[Activity] Where a line of the records holds the string "Option", copy that line.

[Records for this task]
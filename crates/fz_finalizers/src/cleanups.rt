//! The table of cleanups.

ghost use Rattle.std.specs.Prelude.{◌≡◌, ◌≤◌, ◌<◌, ◌+◌, length, nat_eq, IfSome, IfErr, OnOk, OnErr};
ghost use Rattle.std.specs.FinMap.{get, insert, remove, len, empty, from_entries};
ghost use Rattle.std.specs.List.{IsDistinct};
ghost use Rattle.std.specs.Map.{keys_of};
ghost use Rattle.fz_table.specs.declared.limits.TheConstants.{MOST_ENTRIES};
ghost use Rattle.fz_finalizers.specs.Cleanups.{is_when};

use crate::refused::Refused;
use fz_model::{Addr, LinkKind};
use fz_table::{AddressHasher, Pairs};
use indexmap::IndexMap;
use std::alloc::Global;
use std::marker::Model;

/// A cleanup, as the host passes it to `add_cleanup`: a procedure that runs without the object when the object is lost.
#[derive(Clone, Copy, Debug, PartialEq, Eq)]
pub struct Cleanup {
    /// When it is due: if it is short, in a pass that finds its object unreachable; if it is long, in a pass after which nothing retains its object.
    pub when: LinkKind,
    /// The procedure to call: any number, which is returned in the entry.
    pub procedure: u64,
    /// The argument for the procedure, which may be any number. If the host marks from it (`Root::RegisteredData`), it must not lead to the object: then the
    /// cleanup would never be queued.
    pub client_data: u64,
    /// Among the short cleanups that one pass queues, and among the long ones, lower ranks come first.
    pub rank: u8,
}

impl Cleanup {
    /// Whether it is due at this point of a pass: a short one at the beginning, a long one at the end.
    pub fn is_when(self, when: LinkKind) -> bool
        ensures { result ≡ is_when when self.when }
    {
        match (when, self.when) {
            (LinkKind::Short, LinkKind::Short) | (LinkKind::Long, LinkKind::Long) => true,
            (LinkKind::Short, LinkKind::Long) | (LinkKind::Long, LinkKind::Short) => false,
        }
    }
}

/// A cleanup with its object.
#[derive(Clone, Copy, Debug, PartialEq, Eq)]
pub struct Attached {
    /// The object.
    pub object: Addr,
    /// Its cleanup.
    pub cleanup: Cleanup,
}

/// The cleanups by number, at most 2^32 at one time.
pub(crate) struct Cleanups {
    entries: IndexMap<u64, Attached, AddressHasher>,
}

// Written by hand, so that the owner drops it by one proved call, not field by field at each exit of a function.
impl Drop for Cleanups {
    fn drop(self) {
        let Cleanups { entries: _ } = self;
    }
}

impl Model for Cleanups {
    ghost use Rattle.std.specs.Ordering.{nat_cmp};
    ghost use Rattle.std.specs.FinMap.{from_entries};
    ghost use Rattle.indexmap.specs.IndexMap.{spare};
    ghost use Rattle.fz_finalizers.specs.Cleanups.{Cleanups, cleanups_code, AreFew};

    ghost Value = { Cleanups };

    ghost coded = { cleanups_code };

    ghost view = { λ t. record { cleanups = from_entries t.entries.entries; room = spare t.entries; order = t.entries.entries } };

    ghost invariant = { λ t. AreFew (from_entries {R = nat_cmp} t.entries.entries) };
}

impl Cleanups {
    /// No cleanups.
    pub(crate) fn new(alloc: Global) -> Cleanups
        ensures { result.cleanups ≡ empty }
    {
        Cleanups {
            entries: IndexMap::with_hasher(alloc, AddressHasher::new()),
        }
    }

    /// Adds a cleanup under a number.
    pub(crate) fn add(&mut self, number: u64, attached: Attached) -> Result<(), Refused>
        requires place { len self.old.cleanups < MOST_ENTRIES }
        ensures refused { IfErr result (λ r. r ≡ Refused.NoMemory) }
        ensures wanting { OnErr result (self.old.room ≡ 0) }
        ensures unchanged { OnErr result (self.new.cleanups ≡ self.old.cleanups) }
        ensures added { OnOk result (self.new.cleanups ≡ insert self.old.cleanups number attached) }
        ensures room { self.old.room ≤ self.new.room + 1 }
    {
        let Ok(_) = self.entries.insert(number, attached) else {
            return Err(Refused::NoMemory);
        };
        Ok(())
    }

    /// Removes a cleanup and returns it.
    pub(crate) fn remove(&mut self, number: u64) -> Option<Attached>
        ensures answer { result ≡ get self.old.cleanups number }
        ensures removed { self.new.cleanups ≡ remove self.old.cleanups number }
        ensures count { IfSome result (λ _. len self.new.cleanups + 1 ≡ len self.old.cleanups) }
        ensures room { self.old.room ≤ self.new.room }
    {
        self.entries.swap_remove(&number)
    }

    /// The cleanup under a number.
    pub(crate) fn get(&self, number: u64) -> Option<Attached>
        ensures { result ≡ get self.now.cleanups number }
    {
        self.entries.get(&number).copied()
    }

    /// The number of cleanups.
    pub(crate) fn len(&self) -> usize
        ensures count { result ≡ len self.now.cleanups }
        ensures limit { result ≤ MOST_ENTRIES }
    {
        self.entries.len()
    }

    /// All cleanups with their numbers, each once. The order stays the same until the table changes.
    pub(crate) fn iter(&self) -> Pairs<'_, u64, Attached>
        ensures all { from_entries result ≡ self.now.cleanups }
        ensures once { IsDistinct nat_eq (keys_of result) }
        ensures count { length result ≡ len self.now.cleanups }
        ensures limit { length result ≤ MOST_ENTRIES }
        ensures order { result ≡ self.now.order }
    {
        Pairs::of(self.entries.iter())
    }

    /// Frees memory that the cleanups don't need. If a smaller table can't be allocated, the old one stays.
    pub(crate) fn shrink(&mut self)
        ensures same { self.new.cleanups ≡ self.old.cleanups }
        ensures order { self.new.order ≡ self.old.order }
    {
        self.entries.shrink_to_fit();
    }
}
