//! The entries, and the room reserved for further ones.

ghost use Rattle.std.specs.Prelude.{◌≡◌, ◌≤◌, ◌<◌, ◌+◌, ◌*◌, ◌^◌, ◌⊎◌, [], ◌∷◌, ◌++◌, ℕ, None, true, false, length, drop, filter, slice_get, min, not, IfOk, IfErr, IfSome, OnOk, OnErr, IsTrue};
ghost use Rattle.std.specs.FinMap.{len, empty};
ghost use Rattle.std.specs.FinSet.{contains};
ghost use Rattle.fz_model.specs.Events.{same_entry};
ghost use Rattle.fz_model.specs.Memory.{points};
ghost use Rattle.fz_model.specs.Pass.{entry_of};
ghost use Rattle.fz_pass.specs.Holds.{IsOfKey, IsWhole};
ghost use Rattle.fz_pass.specs.Marks.{IsClosed, AreRegistered, AreTargets};
ghost use Rattle.fz_pass.specs.Decides.{parts_of, parts_left};
ghost use Rattle.fz_finalizers.specs.Ready.{DecidesKeyed, HasSameEntries, QueuesTable, Takes, TakesFinished};
ghost use Rattle.fz_finalizers.specs.Cleanups.{is_due};
ghost use Rattle.fz_finalizers.specs.Queue.{CleansOut, IsFoundIn, IsFirstHeldFrom};
ghost use Rattle.fz_finalizers.specs.States.{KeepsWindow, is_held};
ghost use Rattle.fz_model.specs.declared.answers.Entry.{Entry};
ghost use Rattle.fz_finalizers.specs.Walks.{somes};

use crate::cleaning::{queue_listed, rank_due};
use crate::cleanups::Cleanups;
use crate::queue::Queue;
use crate::refused::Refused;
use crate::unfinished::Entries;
use fz_links::Links;
use fz_model::{Entry, LinkKind, Pick};
use fz_pass::{Ephemerons, Host, ReadyList, Values};
use fz_table::Table;
use std::alloc::Global;
use std::marker::Model;

/// The queue, how many of its entries were taken, and room for those that a pass may queue.
#[derive(Drop)]
pub(crate) struct Ready {
    list: ReadyList,
    queue: Queue,
    /// How many entries were taken, which is the number of the next one to be taken.
    taken: u64,
    /// Whether only `forget` and `forget_to` forget finished entries.
    whole: bool,
}

impl Model for Ready {
    ghost use Rattle.std.specs.Prelude.{min};
    ghost use Rattle.fz_finalizers.specs.Ready.{Ready, ready_code, held_of, IsTaken};

    ghost Value = { Ready };

    ghost coded = { ready_code };

    ghost view = { λ r. record {
      queue = r.queue.queue;
      taken = r.taken;
      held = held_of r.queue r.taken;
      room = min r.list.room r.queue.room;
      memory = record { whole = r.whole; forgotten = r.queue.forgotten; remembered = r.queue.remembered };
      places = r.queue.places;
    } };

    ghost invariant = { λ r. IsTaken r.queue r.taken };
}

[Result for this task]
    pub(crate) fn remove(&mut self, number: u64) -> Option<Attached>
    pub(crate) fn get(&self, number: u64) -> Option<Attached>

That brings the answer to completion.